Back when I was buying bags of hay (about 5 pounds each), a bag lasted me maybe 3 weeks, but that was with only 2 rabbits. Once I got up to 3, that just go too expensive as it was a bag every 7-10 days, and at $10 a bag, I decided to go for bales. 

I would not just give a big pile of hay at once. A rabbit would be likely to sit and pee it in and they won't then want to eat it. Smaller amounts throughout the day is better. A hay rack is also a good idea to keep it off the floor and keep them from peeing in it.


----------



## LuellaJean (Jun 22, 2011)

My boys (netherland dwarfs) go thru a bale like this from Petmart in about a month. It cost's like $7 or I buy it on sale, 2 bales for $10. A lot of people talk about getting hay from feed stores; I don't know if that's an option for you in Boston. Keep in mind that one of my buns weighs just over a pound and the other one is about 2 pounds, so consider what size of bunny you're considering bringing into your life! 

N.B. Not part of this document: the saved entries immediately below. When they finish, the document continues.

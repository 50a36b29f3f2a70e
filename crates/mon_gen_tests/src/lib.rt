//! Tests of `mon_gen`.
#![tactic(auto)]

#[cfg(test)]
mod tests;
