//! Tests of `mon_main`.
#![tactic(auto)]

#[cfg(test)]
mod tests;
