/// A file of which each prefix has an answer.
fn file() -> &'static [u8] {
    b"\"\"\"Word counter.\"\"\"\nSIZES = (1, 2, 4)\n\ndef fib(n):\n    a, b = 0, 1\n    for i in range(n):\n        a, b = b, a + b\n    return a\n\ndef words(text):\n    word = \"\"\n    for c in text:\n        if c == \" \":\n            if word:\n                yield word\n            word = \"\"\n        else:\n            word += c\n    if word:\n        yield word\n\ndef count(text, size):\n    n = 0\n    for w in words(text):\n        if len(w) >= size:\n            n += 1\n    return n\n\ndef main(k):\n    total = 0\n    for size in SIZES:\n        try:\n            total += count(\"the cat sat on the mat\", size) // (k - size)\n        except ZeroDivisionError as e:\n            print(\"skip\", size, e)\n    return total, fib(k)\n"
}

/// From this length of the prefix on up to the next: how many items, or the fault.
fn prefix_rows() -> &'static [(usize, &'static str)] {
    &[
        (0, "0 items"),
        (1, "BadText(1)"),
        (2, "1 items"),
        (3, "BadText(1)"),
        (19, "1 items"),
        (21, "2 items"),
        (40, "3 items"),
        (129, "4 items"),
        (157, "BadText(11)"),
        (158, "4 items"),
        (195, "BadText(13)"),
        (197, "4 items"),
        (267, "BadText(16)"),
        (268, "4 items"),
        (339, "5 items"),
        (458, "6 items"),
        (548, "BadText(33)"),
        (571, "6 items"),
        (580, "BadChar(33)"),
        (581, "6 items"),
        (651, "BadText(35)"),
        (656, "6 items"),
    ]
}

#[test]
fn each_prefix_of_a_file_has_its_answer(rt: HostRuntime) -> Result<(), Fail> {
    let mut wanted: &str = "";
    let file = file();
    for end in 0..=file.len() {
        for (from, answer) in prefix_rows() {
            if *from == end {
                wanted = *answer;
            }
        }
        let found = match items(rt.alloc(), &file[..end]) {
            Ok(found) => format!(in rt.alloc(); "{} items", found.len())?,
            Err(fault) => format!(in rt.alloc(); "{fault:?}")?,
        };
        assert_eq!(rt; found.as_str(), wanted, "of {end} bytes");
    }
    Ok(())
}

fn repeated(alloc: Global, byte: u8, count: usize) -> Result<Items<Item>, LexFault> {
    let text = vec![in alloc; byte; count]?;
    items(alloc, &text)
}

#[test]
fn texts_of_the_greatest_length_are_read(rt: HostRuntime) -> Result<(), Fail> {
    let found = repeated(rt.alloc(), b'a', 262_144)?;
    assert_eq!(rt; found.len(), 1);
    let found = repeated(rt.alloc(), b'(', 262_144)?;
    assert_eq!(rt; found.len(), 1);
    assert_eq!(rt; found.as_slice()[0].tokens.len(), 262_144);
    let found = repeated(rt.alloc(), b'\n', 262_144)?;
    assert!(rt; found.is_empty());
    assert!(rt;
        matches!(
            repeated(rt.alloc(), b'\'', 262_144),
            Err(LexFault::BadText(1))
        )
    );
    assert!(rt;
        matches!(
            repeated(rt.alloc(), 0xff, 262_144),
            Err(LexFault::NotUtf8(0))
        )
    );
    assert!(rt; matches!(repeated(rt.alloc(), b'a', 262_145), Err(LexFault::TooLong)));
    assert!(rt; matches!(repeated(rt.alloc(), 0xff, 262_145), Err(LexFault::TooLong)));
    Ok(())
}
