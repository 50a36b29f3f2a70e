//! Tests of `mon_lexer`.
#![tactic(auto)]

#[cfg(test)]
mod tests;
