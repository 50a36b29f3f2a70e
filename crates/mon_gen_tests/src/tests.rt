use mon_compile::compile;
use mon_forms::read_plan;
use mon_gen::{generated_module, generated_plan};
use mon_lexer::items;
use mon_parser::parse;
use std::alloc::{AllocError, Global};
use std::fmt::Write;
use std::test::Fail;

/// The sizes that are tried: the least, the one whose run is timed, and the greatest.
const SIZES: [u16; 3] = [1, 100, 500];

const PLAN: &str = "steps 100000\nthread go 20\nthread go 20\nthread go 20\nthread go 20
before\nuse_tool_id 1 gen\nregister_callback 1 LINE keep\nset_events 1 LINE\n";

/// The program with so many loops, as text.
fn program_text(alloc: Global, loops: u16) -> Result<String, Fail> {
    let mut text = String::new(alloc);
    for k in 0..loops {
        write!(text, "def f{k}(n):\n    t = {k}\n")?;
        text.push_str("    for i in range(n):\n        t += i\n    return t\n")?;
    }
    text.push_str("def go(n):\n    s = 0\n")?;
    for k in 0..loops {
        write!(text, "    s += f{k}(n)\n")?;
    }
    text.push_str("    return s\n")?;
    Ok(text)
}

#[test]
fn program_text_is_read_as_generated_trees(rt: HostRuntime) -> Result<(), Fail> {
    let alloc = rt.alloc();
    for loops in SIZES {
        let text = program_text(alloc, loops)?;
        let spelled = items(alloc, text.as_bytes())?;
        let read = format!(in alloc; "{:?}", parse(alloc, spelled.as_slice())?)?;
        let made = format!(in alloc; "{:?}", generated_module(alloc, loops)?)?;
        assert_eq!(rt; made.as_str(), read.as_str(), "of {loops} loops");
    }
    Ok(())
}

#[test]
fn plan_text_is_read_as_generated_plan(rt: HostRuntime) -> Result<(), Fail> {
    let alloc = rt.alloc();
    for loops in SIZES {
        let (program, _) = compile(alloc, &generated_module(alloc, loops)?)?;
        let read = read_plan(alloc, PLAN.as_bytes(), &program)?;
        let read = format!(in alloc; "{read:?}")?;
        let made = format!(in alloc; "{:?}", generated_plan(alloc, loops)?)?;
        assert_eq!(rt; made.as_str(), read.as_str(), "of {loops} loops");
    }
    Ok(())
}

You can't really tell from this picture, but this bale is about the size of a loaf of bread.


----------



## Dulmit (Jun 27, 2011)

My 2 bunnies go through about 2 lbs a week (or 1 65lb bale per 7-8 months). I use it for topping litter as well though. It usage never goes linear either. Sometimes they will go though a lot more in some months. Bales are so cheap it doesn't usually matter, a 65lb bale costs about $15 - $20 here. Try to find a place that supplies farms and they will probably have bales. I used to get hay from a pet store, but it can get costly.


----------



## mitchellfoster (Jun 28, 2011)

A 40oz bag of Oxbow hay used to last me about 2 or 3 weeks with two buns. After a while it just got too costly, so I switched to buying hay bales. I bought my first bale this past March and didn't have to buy a new bale until the beginning of June. Granted, I give large quantities throughout the day and a bit of it does go to waste, but at $7 a bale I don't mind wasting it.


----------



## Pet_Bunny (Jun 28, 2011)

It depends on the hay.
The bagged hay from the stores would take along time for my bunnies to finish because they would not eat that much of it.
The fresh bale hay from the farm, they could eat and never get enough of it. And the bale of hay would last because there is so much of it. Yet the bale of hay (60 lbs) cost the same as a 5 lb. bag of hay at the store.


----------



## golfdiva (Jul 5, 2011)

I have a 4.5 pound dutch rabbit who barely nibbles hay. He eats mostly fresh veggies, an little bit of pellets, and as I said, occasionally nibbles hay.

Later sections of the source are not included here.